Before sentence was pronounced, Al-Timimi read a 10-minute statement declaring his innocence and accusing the government of a frame-up. He recited the preamble to the Constitution, claiming that he committed it to memory “long before I was taught or learnt any passage of the Koran.” Focusing on the Constitution’s professed aim of creating “a more perfect union” to “establish justice,” Al-Timimi pointed out the hollowness of the case against him.

“Let us recall the crimes to which I was charged: advocating treason, soliciting war against the United States, providing aid and comfort to the enemy, conspiring to levy war against Israel, Russia, India, and Indonesia, and, of course, at every turn, the informal charge of terrorism.

“Charges I must say ‘abounding in crudities and absurdities.’ (Al-Timimi here quoted Aaron Burr, the one-time US vice president who was tried and acquitted for treason.)

“For to accept these charges we must believe that a solitary man who would spend his days working full-time at one of Fortune magazine’s one hundred best companies and then spend his evenings and weekends engaged in cancer research for a doctorate in computational biology, an individual who never owned or used a gun, never traveled to a military camp, never set foot in a country in which a war was taking place, never raised money for any violent organization would be—could be—the author of so much harm.”

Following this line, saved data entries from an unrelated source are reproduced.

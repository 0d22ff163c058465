//! What was tried, and what the check answers with it.

// Channels.

pub(crate) const WITH_CHANNEL: &str = "With channels = [{0}";

pub(crate) const CHANNELS_YES: &str =
    "] the answer would be {0}. Export again, or claim these channels if they are meant.";

pub(crate) const CHANNELS_NO: &str = "] the first difference would be {0}.";

// Shifts.

/// A shift that was tried, and what the check answers with it.
pub(crate) const WITH_SHIFT_YES: &str =
    "With shift = {0} the answer would be {1}. Export again, or claim this shift if it is meant. Nothing else differs, so no sample and no annotation is listed.";

pub(crate) const WITH_SHIFT_NO: &str = "With shift = {0} the first difference would be {1}.";

/// The shifts that were tried.
pub(crate) const NO_BETTER_SHIFT: &str =
    "Other shifts were tried, and with none of them the first samples are as claimed: {0}";

pub(crate) const CUT_ELSEWHERE: &str =
    ". It looks like the export was cut elsewhere than claimed: compare the intervals of the claim with what was exported.";

pub(crate) const RECKONED_ANEW: &str =
    "With it all samples are as claimed. What follows is worked out with shift = {0}.";

pub(crate) const RECKONED_AS_CLAIMED: &str =
    "What follows is worked out with shift = {0}, as claimed.";

// Ends of intervals.

/// The end of an interval that was tried, the claimed one, and what the check answers with it.
pub(crate) const WITH_END_YES: &str =
    "With to = \"{0}\" in place of \"{1}\" the answer would be {2}. Export again, or claim this end if it is meant.";

pub(crate) const WITH_END_NO: &str =
    "With to = \"{0}\" in place of \"{1}\" the first difference would be {2}.";
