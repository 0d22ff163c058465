//! Headers: channels, of which the label is the first thing, and subfields, of which the name is the first thing and the
//! meaning the second.

use edf_fields::Which;

pub(crate) const UNKNOWN_CHANNEL: &str =
    "The claim names channel {0}, but the original doesn't have it: it may be misspelt. Compare the claim with what edfclaim show prints of the original. Small and capital letters and spaces count.";

pub(crate) const MISSING_CHANNEL: &str =
    "The claim names channel {0}, but the export doesn't have it: if it is to go out, export again with it.";

pub(crate) const CHANNEL_NOWHERE: &str =
    "The claim names channel {0}, and neither the original nor the export has it: it may be misspelt. Compare the claim with what edfclaim show prints of the original. Small and capital letters and spaces count.";

pub(crate) const EXTRA_CHANNEL: &str =
    "The export has channel {0}, and the claim doesn't name it: if it isn't to go out, export again without it.";

pub(crate) const TRANSDUCER: &str =
    "Channel {0} has another sensor in the export: the original has {1}, the export has {2}. Export again so that this text stays as it is.";

pub(crate) const PREFILTER: &str =
    "Channel {0} has another filter in the export: the original has {1}, the export has {2}. If the export was filtered, it is no cut of the original; if not, export again so that this text stays as it is.";

pub(crate) const TEXT_CUT: &str =
    "The export has only the beginning of the original's text: some writers cut such texts short.";

pub(crate) const CALIBRATION: &str =
    "Channel {0} has another scale or another unit in the export: the same numbers mean other values there.";

/// The extremes and the unit.
pub(crate) const CALIBRATION_ORIGINAL: &str =
    "  The original has {0} to {1} {2}, for the numbers {3} to {4}.";

pub(crate) const CALIBRATION_EXPORT: &str =
    "  The export has {0} to {1} {2}, for the numbers {3} to {4}.";

pub(crate) const CALIBRATION_CUT_OFF: &str =
    "  It looks like the original's extremes with their last digits cut off: they differ by no more than one unit of the last digit that eight characters hold. Some writers cut digits off and don't round: EDFlib writes 3276.7 as 3276.699. Have the recorder write extremes that survive, such as whole numbers, or export with other software.";

pub(crate) const CALIBRATION_DIMENSION: &str =
    "  The unit is different. Export again with the original's unit and extremes.";

pub(crate) const CALIBRATION_SCALE: &str =
    "  Export again with the original's extremes. They may have been rounded, or the samples were rescaled.";

pub(crate) const FREE_TEXT_OF_CHANNEL: &str =
    "In the export, channel {0} has the text {1} in its reserved field, where anybody can write anything: export again with this field empty, whatever it holds.";

pub(crate) const FREE_TEXT_OF_HEADER: &str =
    "In the export, words stand behind EDF+C or EDF+D, or in a text of an annotation signal, where anybody can write anything: export again with these places empty, whatever they hold.";

// Subfields. The name is the first thing, the meaning the second.

pub(crate) const SUBFIELD_NOT_X: &str =
    "The claim hides {0} ({1}), but the export shows something there. The export doesn't go out: make it again with X in this place.";

pub(crate) const SUBFIELD_CHANGED: &str =
    "The claim doesn't hide {0} ({1}), and the export has another text there than the original: export again with the original's text; or, if it is to be hidden, with X in this place, and add \"{0}\" to anonymous in the claim.";

pub(crate) const SUBFIELD_HIDDEN: &str =
    "The claim doesn't hide {0} ({1}), and the export has X there: if it is to be hidden, add \"{0}\" to anonymous in the claim; if not, export again with the original's text.";

pub(crate) const SUBFIELD_LEFT_OUT: &str =
    "The claim doesn't hide {0} ({1}), and the export has nothing there: if it is to be hidden, add \"{0}\" to anonymous in the claim; if not, export again with the original's text.";

pub(crate) const DATE_CHANGED: &str =
    "The claim doesn't hide {0} ({1}), and it is X in one of the files and a day in the other. If the export has X, add \"{0}\" to anonymous in the claim; if the original has X, export again with X.";

/// What a subfield is.
pub(crate) fn meaning(which: Which) -> &'static str {
    match which {
        Which::Code => "the code by which the hospital knows the patient",
        Which::Sex => "the patient's sex",
        Which::Birthdate => "the day of birth",
        Which::Name => "the patient's name",
        Which::PatientExtras => "everything that comes after the patient's name",
        Which::Date => "the day of the recording, as the recording's line says it",
        Which::Administration => "the number of the investigation",
        Which::Technician => "who made the recording",
        Which::Equipment => "the equipment that was used",
        Which::RecordingExtras => "everything that comes after the equipment",
    }
}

Al-Timimi concluded his remarks with a clear warning about the implications of his case for democratic rights. “For if my conviction is to stand, it would mean that 230 years of America’s tradition of protecting the individual from the tyrannies and whims of the sovereign will have come to an end. And that which is exploited today to persecute a single member of a minority will most assuredly come back to haunt the majority tomorrow.”

Under house arrest until sentencing, Al-Timimi is now in the custody of the US Bureau of Prisons. His appeal will be heard by the United States Court of Appeals for the Fourth Circuit, the most right-wing court in the nation. If the appellate court confirms the convictions, his only redress will be an appeal to the Supreme Court.

Aside from the personal injustice to Al-Timimi, the trial and life sentence are a stark warning of the extremes to which the US government is prepared to go in attacking constitutionally protected rights of free speech and political expression, under the cover of the “war on terrorism.”